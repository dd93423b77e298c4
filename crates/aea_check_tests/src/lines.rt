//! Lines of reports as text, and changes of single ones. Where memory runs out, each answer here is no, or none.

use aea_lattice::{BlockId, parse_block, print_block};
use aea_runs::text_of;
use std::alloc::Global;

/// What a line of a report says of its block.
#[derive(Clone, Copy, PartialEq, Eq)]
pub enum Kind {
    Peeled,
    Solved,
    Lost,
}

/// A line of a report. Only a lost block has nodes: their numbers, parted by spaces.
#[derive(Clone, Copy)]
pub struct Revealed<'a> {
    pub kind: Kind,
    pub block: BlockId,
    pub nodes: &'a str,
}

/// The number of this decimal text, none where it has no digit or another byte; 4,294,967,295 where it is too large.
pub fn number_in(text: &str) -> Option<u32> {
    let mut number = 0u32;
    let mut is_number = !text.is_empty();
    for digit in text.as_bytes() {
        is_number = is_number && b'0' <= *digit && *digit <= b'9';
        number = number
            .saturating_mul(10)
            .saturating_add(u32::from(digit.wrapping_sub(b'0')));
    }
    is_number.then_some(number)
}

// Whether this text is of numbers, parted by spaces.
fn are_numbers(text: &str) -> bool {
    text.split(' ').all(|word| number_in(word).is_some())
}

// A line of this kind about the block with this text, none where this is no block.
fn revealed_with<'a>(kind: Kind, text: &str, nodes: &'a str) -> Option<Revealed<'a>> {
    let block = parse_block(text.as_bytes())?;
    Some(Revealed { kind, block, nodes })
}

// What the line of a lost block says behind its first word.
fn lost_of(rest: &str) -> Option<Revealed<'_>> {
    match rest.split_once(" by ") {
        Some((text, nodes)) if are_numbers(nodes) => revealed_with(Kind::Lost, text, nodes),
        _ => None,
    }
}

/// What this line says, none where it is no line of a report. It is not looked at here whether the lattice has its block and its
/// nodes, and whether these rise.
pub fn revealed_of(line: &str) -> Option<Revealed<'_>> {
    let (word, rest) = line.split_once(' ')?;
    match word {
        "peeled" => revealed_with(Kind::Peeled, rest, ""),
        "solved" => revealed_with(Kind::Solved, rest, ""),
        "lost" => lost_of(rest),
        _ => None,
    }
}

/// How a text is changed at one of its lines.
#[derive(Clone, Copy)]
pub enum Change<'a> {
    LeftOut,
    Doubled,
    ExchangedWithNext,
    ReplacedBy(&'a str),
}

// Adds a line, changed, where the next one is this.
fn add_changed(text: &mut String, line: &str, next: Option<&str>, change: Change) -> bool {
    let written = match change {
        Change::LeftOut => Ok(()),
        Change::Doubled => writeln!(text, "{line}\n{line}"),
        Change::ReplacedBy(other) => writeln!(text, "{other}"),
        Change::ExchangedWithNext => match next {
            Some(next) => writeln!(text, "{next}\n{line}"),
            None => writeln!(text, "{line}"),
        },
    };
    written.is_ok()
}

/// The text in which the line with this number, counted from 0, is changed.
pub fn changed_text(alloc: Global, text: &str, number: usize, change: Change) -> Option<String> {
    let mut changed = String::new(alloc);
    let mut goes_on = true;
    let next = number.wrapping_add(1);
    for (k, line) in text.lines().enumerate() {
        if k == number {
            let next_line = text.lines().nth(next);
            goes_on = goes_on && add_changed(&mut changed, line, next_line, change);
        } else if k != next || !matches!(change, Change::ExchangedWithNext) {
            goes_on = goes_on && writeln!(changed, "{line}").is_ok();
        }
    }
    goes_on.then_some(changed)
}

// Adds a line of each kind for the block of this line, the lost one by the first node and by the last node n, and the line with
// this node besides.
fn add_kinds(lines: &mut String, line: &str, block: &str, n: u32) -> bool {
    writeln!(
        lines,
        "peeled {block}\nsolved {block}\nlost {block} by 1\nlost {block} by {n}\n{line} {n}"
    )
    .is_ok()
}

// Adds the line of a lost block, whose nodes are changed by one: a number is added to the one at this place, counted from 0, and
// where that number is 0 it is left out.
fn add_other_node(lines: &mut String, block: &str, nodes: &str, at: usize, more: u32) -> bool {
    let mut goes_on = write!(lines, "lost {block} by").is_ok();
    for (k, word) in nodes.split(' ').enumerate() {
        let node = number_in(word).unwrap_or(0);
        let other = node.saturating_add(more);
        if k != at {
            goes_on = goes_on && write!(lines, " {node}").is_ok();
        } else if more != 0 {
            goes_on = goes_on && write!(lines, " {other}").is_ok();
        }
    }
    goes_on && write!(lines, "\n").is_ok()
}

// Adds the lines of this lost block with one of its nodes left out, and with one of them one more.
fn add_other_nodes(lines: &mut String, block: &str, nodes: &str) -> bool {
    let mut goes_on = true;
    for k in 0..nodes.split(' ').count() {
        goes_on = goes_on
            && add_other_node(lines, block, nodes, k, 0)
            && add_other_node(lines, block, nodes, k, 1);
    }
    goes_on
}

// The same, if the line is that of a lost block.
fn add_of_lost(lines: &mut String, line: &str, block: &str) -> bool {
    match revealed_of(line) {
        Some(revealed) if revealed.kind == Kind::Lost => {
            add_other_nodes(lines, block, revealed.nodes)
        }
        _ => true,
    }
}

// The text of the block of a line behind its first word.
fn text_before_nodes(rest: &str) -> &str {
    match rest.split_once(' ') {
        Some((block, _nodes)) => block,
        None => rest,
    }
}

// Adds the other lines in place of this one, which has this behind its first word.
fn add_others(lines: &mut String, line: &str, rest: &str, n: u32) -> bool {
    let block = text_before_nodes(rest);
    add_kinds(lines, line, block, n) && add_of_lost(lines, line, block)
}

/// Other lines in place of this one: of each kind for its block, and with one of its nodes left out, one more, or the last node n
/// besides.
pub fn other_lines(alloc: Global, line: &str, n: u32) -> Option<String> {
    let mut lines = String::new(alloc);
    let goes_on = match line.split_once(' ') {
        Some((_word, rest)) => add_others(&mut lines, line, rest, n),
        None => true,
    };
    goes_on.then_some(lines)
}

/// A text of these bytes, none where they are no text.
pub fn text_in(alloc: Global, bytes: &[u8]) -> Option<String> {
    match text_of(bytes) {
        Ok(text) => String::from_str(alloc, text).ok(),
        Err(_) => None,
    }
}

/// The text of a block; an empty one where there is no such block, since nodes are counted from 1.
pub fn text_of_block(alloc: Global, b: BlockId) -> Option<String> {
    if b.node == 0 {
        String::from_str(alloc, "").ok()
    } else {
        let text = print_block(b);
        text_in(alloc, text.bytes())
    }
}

» **PROBLEM**:
Every line of the material is to be transcribed exactly.

» **ANSWER TO THE EXERCISE**:
repository dd93423b77e298c4
filename crates/aea_check_tests/src/lines.rt
//! Lines of reports as text, and changes of single ones. Where memory runs out, each answer here is no, or none.

use aea_lattice::{BlockId, parse_block, print_block};
use aea_runs::text_of;
use std::alloc::Global;

/// What a line of a report says of its block.
#[derive(Clone, Copy, PartialEq, Eq)]
pub enum Kind {
    Peeled,
    Solved,
    Lost,
}

/// A line of a report. Only a lost block has nodes: their numbers, parted by spaces.
#[derive(Clone, Copy)]
pub struct Revealed<'a> {
    pub kind: Kind,
    pub block: BlockId,
    pub nodes: &'a str,
}

/// The number of this decimal text, none where it has no digit or another byte; 4,294,967,295 where it is too large.
pub fn number_in(text: &str) -> Option<u32> {
    let mut number = 0u32;
    let mut is_number = !text.is_empty();
    for digit in text.as_bytes() {
        is_number = is_number && b'0' <= *digit && *digit <= b'9';
        number = number
            .saturating_mul(10)
            .saturating_add(u32::from(digit.wrapping_sub(b'0')));
    }
    is_number.then_some(number)
}

// Whether this text is of numbers, parted by spaces.
fn are_numbers(text: &str) -> bool {
    text.split(' ').all(|word| number_in(word).is_some())
}

// A line of this kind about the block with this text, none where this is no block.
fn revealed_with<'a>(kind: Kind, text: &str, nodes: &'a str) -> Option<Revealed<'a>> {
    let block = parse_block(text.as_bytes())?;
    Some(Revealed { kind, block, nodes })
}

// What the line of a lost block says behind its first word.
fn lost_of(rest: &str) -> Option<Revealed<'_>> {
    match rest.split_once(" by ") {
        Some((text, nodes)) if are_numbers(nodes) => revealed_with(Kind::Lost, text, nodes),
        _ => None,
    }
}

/// What this line says, none where it is no line of a report. It is not looked at here whether the lattice has its block and its
/// nodes, and whether these rise.
pub fn revealed_of(line: &str) -> Option<Revealed<'_>> {
    let (word, rest) = line.split_once(' ')?;
    match word {
        "peeled" => revealed_with(Kind::Peeled, rest, ""),
        "solved" => revealed_with(Kind::Solved, rest, ""),
        "lost" => lost_of(rest),
        _ => None,
    }
}

/// How a text is changed at one of its lines.
#[derive(Clone, Copy)]
pub enum Change<'a> {
    LeftOut,
    Doubled,
    ExchangedWithNext,
    ReplacedBy(&'a str),
}

// Adds a line, changed, where the next one is this.
fn add_changed(text: &mut String, line: &str, next: Option<&str>, change: Change) -> bool {
    let written = match change {
        Change::LeftOut => Ok(()),
        Change::Doubled => writeln!(text, "{line}\n{line}"),
        Change::ReplacedBy(other) => writeln!(text, "{other}"),
        Change::ExchangedWithNext => match next {
            Some(next) => writeln!(text, "{next}\n{line}"),
            None => writeln!(text, "{line}"),
        },
    };
    written.is_ok()
}

/// The text in which the line with this number, counted from 0, is changed.
pub fn changed_text(alloc: Global, text: &str, number: usize, change: Change) -> Option<String> {
    let mut changed = String::new(alloc);
    let mut goes_on = true;
    let next = number.wrapping_add(1);
    for (k, line) in text.lines().enumerate() {
        if k == number {
            let next_line = text.lines().nth(next);
            goes_on = goes_on && add_changed(&mut changed, line, next_line, change);
        } else if k != next || !matches!(change, Change::ExchangedWithNext) {
            goes_on = goes_on && writeln!(changed, "{line}").is_ok();
        }
    }
    goes_on.then_some(changed)
}

// Adds a line of each kind for the block of this line, the lost one by the first node and by the last node n, and the line with
// this node besides.
fn add_kinds(lines: &mut String, line: &str, block: &str, n: u32) -> bool {
    writeln!(
        lines,
        "peeled {block}\nsolved {block}\nlost {block} by 1\nlost {block} by {n}\n{line} {n}"
    )
    .is_ok()
}

// Adds the line of a lost block, whose nodes are changed by one: a number is added to the one at this place, counted from 0, and
// where that number is 0 it is left out.
fn add_other_node(lines: &mut String, block: &str, nodes: &str, at: usize, more: u32) -> bool {
    let mut goes_on = write!(lines, "lost {block} by").is_ok();
    for (k, word) in nodes.split(' ').enumerate() {
        let node = number_in(word).unwrap_or(0);
        let other = node.saturating_add(more);
        if k != at {
            goes_on = goes_on && write!(lines, " {node}").is_ok();
        } else if more != 0 {
            goes_on = goes_on && write!(lines, " {other}").is_ok();
        }
    }
    goes_on && write!(lines, "\n").is_ok()
}

// Adds the lines of this lost block with one of its nodes left out, and with one of them one more.
fn add_other_nodes(lines: &mut String, block: &str, nodes: &str) -> bool {
    let mut goes_on = true;
    for k in 0..nodes.split(' ').count() {
        goes_on = goes_on
            && add_other_node(lines, block, nodes, k, 0)
            && add_other_node(lines, block, nodes, k, 1);
    }
    goes_on
}

// The same, if the line is that of a lost block.
fn add_of_lost(lines: &mut String, line: &str, block: &str) -> bool {
    match revealed_of(line) {
        Some(revealed) if revealed.kind == Kind::Lost => {
            add_other_nodes(lines, block, revealed.nodes)
        }
        _ => true,
    }
}

// The text of the block of a line behind its first word.
fn text_before_nodes(rest: &str) -> &str {
    match rest.split_once(' ') {
        Some((block, _nodes)) => block,
        None => rest,
    }
}

// Adds the other lines in place of this one, which has this behind its first word.
fn add_others(lines: &mut String, line: &str, rest: &str, n: u32) -> bool {
    let block = text_before_nodes(rest);
    add_kinds(lines, line, block, n) && add_of_lost(lines, line, block)
}

/// Other lines in place of this one: of each kind for its block, and with one of its nodes left out, one more, or the last node n
/// besides.
pub fn other_lines(alloc: Global, line: &str, n: u32) -> Option<String> {
    let mut lines = String::new(alloc);
    let goes_on = match line.split_once(' ') {
        Some((_word, rest)) => add_others(&mut lines, line, rest, n),
        None => true,
    };
    goes_on.then_some(lines)
}

/// A text of these bytes, none where they are no text.
pub fn text_in(alloc: Global, bytes: &[u8]) -> Option<String> {
    match text_of(bytes) {
        Ok(text) => String::from_str(alloc, text).ok(),
        Err(_) => None,
    }
}

/// The text of a block; an empty one where there is no such block, since nodes are counted from 1.
pub fn text_of_block(alloc: Global, b: BlockId) -> Option<String> {
    if b.node == 0 {
        String::from_str(alloc, "").ok()
    } else {
        let text = print_block(b);
        text_in(alloc, text.bytes())
    }
}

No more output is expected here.